AWS Shield

AWS Shield is designed to protect applications against Distributed Denial of Service (DDoS) attacks, which can overwhelm and disable internet-facing resources. The service automatically detects and mitigates sophisticated network-level DDoS events, targeting layers 3, 4, 6, and 7 of the OSI model.

Technically, AWS Shield integrates deeply with AWS infrastructure, allowing it to scrub bad traffic at specific layers, such as mitigating SYN floods, UDP floods, and other reflection attacks through deterministic packet filtering and priority-based traffic shaping. This integration enables real-time monitoring and mitigation, with the capability to protect up to 1,000 resource types per AWS account, including Amazon EC2 instances, Elastic Load Balancers, Amazon CloudFront distributions, and Amazon Route 53 hosted zones.

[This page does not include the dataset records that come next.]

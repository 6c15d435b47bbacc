//! The board of a run: the mask and the states of the devices.

ghost use Rattle.std.specs.Prelude.{◌≡◌, ◌≤◌, ◌<◌, ◌^◌, length, slice_set};
ghost use Rattle.mote_devices.specs.Board as boards;
ghost use Rattle.mote_devices.specs.Device.{dev_ack, dev_arrive, dev_read, dev_write};
ghost use Rattle.run_checker.specs.Boards.{with_slot as slot_put};

use crate::device::{accepted, after_read, answer, arrived, requests, written};
use mote_devices::{BoardState, DevState, Given};
use nm_base::{ENABLE, PENDING};

// The device in slot `k`; slots from 8 on are empty.
fn device_at(b: &BoardState, k: u8) -> Option<DevState>
    ensures { result ≡ boards.device b.now k }
{
    if k < 8 { b.slots[usize::from(k)] } else { None }
}

fn set_slot(slots: &mut [Option<DevState>], k: u8, slot: Option<DevState>)
    ensures { slots.new ≡ slice_set slots.old k slot }
{
    if usize::from(k) < slots.len() {
        slots[usize::from(k)] = slot;
    }
}

// The board with this in slot `k`.
fn with_slot(b: &BoardState, k: u8, slot: Option<DevState>) -> BoardState
    ensures { result ≡ slot_put b.now k slot }
{
    let mut after = *b;
    set_slot(&mut after.slots, k, slot);
    after
}

fn arrived_in(slot: Option<DevState>, word: u16) -> Option<DevState>
    ensures { result ≡ boards.changed (λ d. dev_arrive d word) slot }
{
    match slot {
        Some(d) => Some(arrived(d, word)),
        None => None,
    }
}

/// The board after what came from outside.
pub(crate) fn given(b: &BoardState, g: Given) -> BoardState
    ensures { result ≡ boards.board_given b.now g }
{
    match g {
        Given::Arrive(k, word) => with_slot(b, k, arrived_in(device_at(b, k), word)),
        Given::Unplug(k) => with_slot(b, k, None),
    }
}

fn accepted_in(slot: Option<DevState>) -> Option<DevState>
    ensures { result ≡ boards.changed dev_ack slot }
{
    match slot {
        Some(d) => Some(accepted(d)),
        None => None,
    }
}

/// The board after the acceptance of line `k`.
pub(crate) fn acknowledged(b: &BoardState, k: u8) -> BoardState
    ensures { result ≡ boards.board_ack b.now k }
{
    with_slot(b, k, accepted_in(device_at(b, k)))
}

fn slot_of(port: u16) -> u8
    requires low { 0x0120 ≤ port }
    requires high { port < 0x0160 }
    ensures { result ≡ boards.slot_of port }
{
    ((port - 0x0120) / 8) as u8
}

fn register_of(port: u16) -> u8
    requires low { 0x0120 ≤ port }
    ensures { result ≡ boards.register_of port }
{
    ((port - 0x0120) / 2 % 4) as u8
}

fn answer_in(slot: Option<DevState>, register: u8) -> u16
    ensures { result ≡ boards.answer_of slot register }
{
    match slot {
        Some(d) => answer(d, register),
        None => 0,
    }
}

/// What a port reads.
pub(crate) fn port_answer(b: &BoardState, port: u16) -> u16
    ensures { result ≡ boards.board_answer b.now port }
{
    match port {
        ENABLE => b.mask,
        PENDING => request_bits(&b.slots),
        0x0120..0x0160 => answer_in(device_at(b, slot_of(port)), register_of(port)),
        _ => 0,
    }
}

fn read_in(slot: Option<DevState>, register: u8) -> Option<DevState>
    ensures { result ≡ boards.changed (λ d. dev_read d register) slot }
{
    match slot {
        Some(d) => Some(after_read(d, register)),
        None => None,
    }
}

/// The board after a read of a port.
#[tactic(auto, using(crate::proofs::BoardLemmas::ports))]
pub(crate) fn port_read(b: &BoardState, port: u16) -> BoardState
    ensures { result ≡ boards.board_read b.now port }
{
    match port {
        0x0120..0x0160 => {
            let k = slot_of(port);
            with_slot(b, k, read_in(device_at(b, k), register_of(port)))
        }
        _ => *b,
    }
}

fn written_in(slot: Option<DevState>, register: u8, word: u16) -> Option<DevState>
    ensures { result ≡ boards.changed (λ d. dev_write d register word) slot }
{
    match slot {
        Some(d) => Some(written(d, register, word)),
        None => None,
    }
}

/// The board after a write to a port.
#[tactic(auto, using(crate::proofs::BoardLemmas::ports))]
pub(crate) fn port_written(b: &BoardState, port: u16, word: u16) -> BoardState
    ensures { result ≡ boards.board_write b.now port word }
{
    match port {
        ENABLE => BoardState {
            mask: word % 256,
            slots: b.slots,
        },
        0x0120..0x0160 => {
            let k = slot_of(port);
            with_slot(b, k, written_in(device_at(b, k), register_of(port), word))
        }
        _ => *b,
    }
}

fn does_request(slot: Option<DevState>) -> bool
    ensures { result ≡ boards.does_request slot }
{
    match slot {
        Some(d) => requests(d),
        None => false,
    }
}

// Bit k tells whether slot k requests.
fn request_bits(slots: &[Option<DevState>]) -> u16
    requires { length slots.now ≤ 8 }
    ensures bits { result ≡ boards.request_bits slots.now }
    ensures small { result < 2 ^ length slots.now }
{
    match slots {
        [] => 0,
        [slot, rest @ ..] => u16::from(does_request(*slot)) + 2 * request_bits(rest),
    }
}

/// The greatest requested line.
pub(crate) fn line(b: &BoardState) -> Option<u8>
    ensures { result ≡ boards.line_of b.now }
{
    line_below(b, 8)
}

// The greatest requested line below `k`.
fn line_below(b: &BoardState, k: u8) -> Option<u8>
    requires { k ≤ 8 }
    ensures { result ≡ boards.line_below b.now k }
{
    if k == 0 {
        return None;
    }
    let line = k - 1;
    if is_requested(b, line) {
        Some(line)
    } else {
        line_below(b, line)
    }
}

fn is_requested(b: &BoardState, k: u8) -> bool
    requires { k < 8 }
    ensures { result ≡ boards.is_requested b.now k }
{
    (b.mask >> k) % 2 == 1 && does_request(device_at(b, k))
}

Operationally, Shield Advanced, the enhanced version of AWS Shield, offers additional capabilities such as health-based detection using Amazon Route 53 health checks, protection groups for logical resource grouping, and enhanced visibility into DDoS events through real-time metrics and reports accessible via the Shield Advanced API, console, and Amazon CloudWatch metrics. However, this advanced protection comes with specific limitations, such as the need for explicit resource specification and potential additional costs for non-standard AWS WAF usage beyond the covered capacities (e.g., more than 1,500 web ACL capacity units or larger request body sizes).

The service also leverages the AWS Shield Response Team (SRT) for expert assistance during DDoS events, but this requires a subscription to the Business Support or Enterprise Support plan. Centralized management through AWS Firewall Manager simplifies the application of Shield Advanced protections across multiple accounts and resources, further streamlining DDoS defense strategies.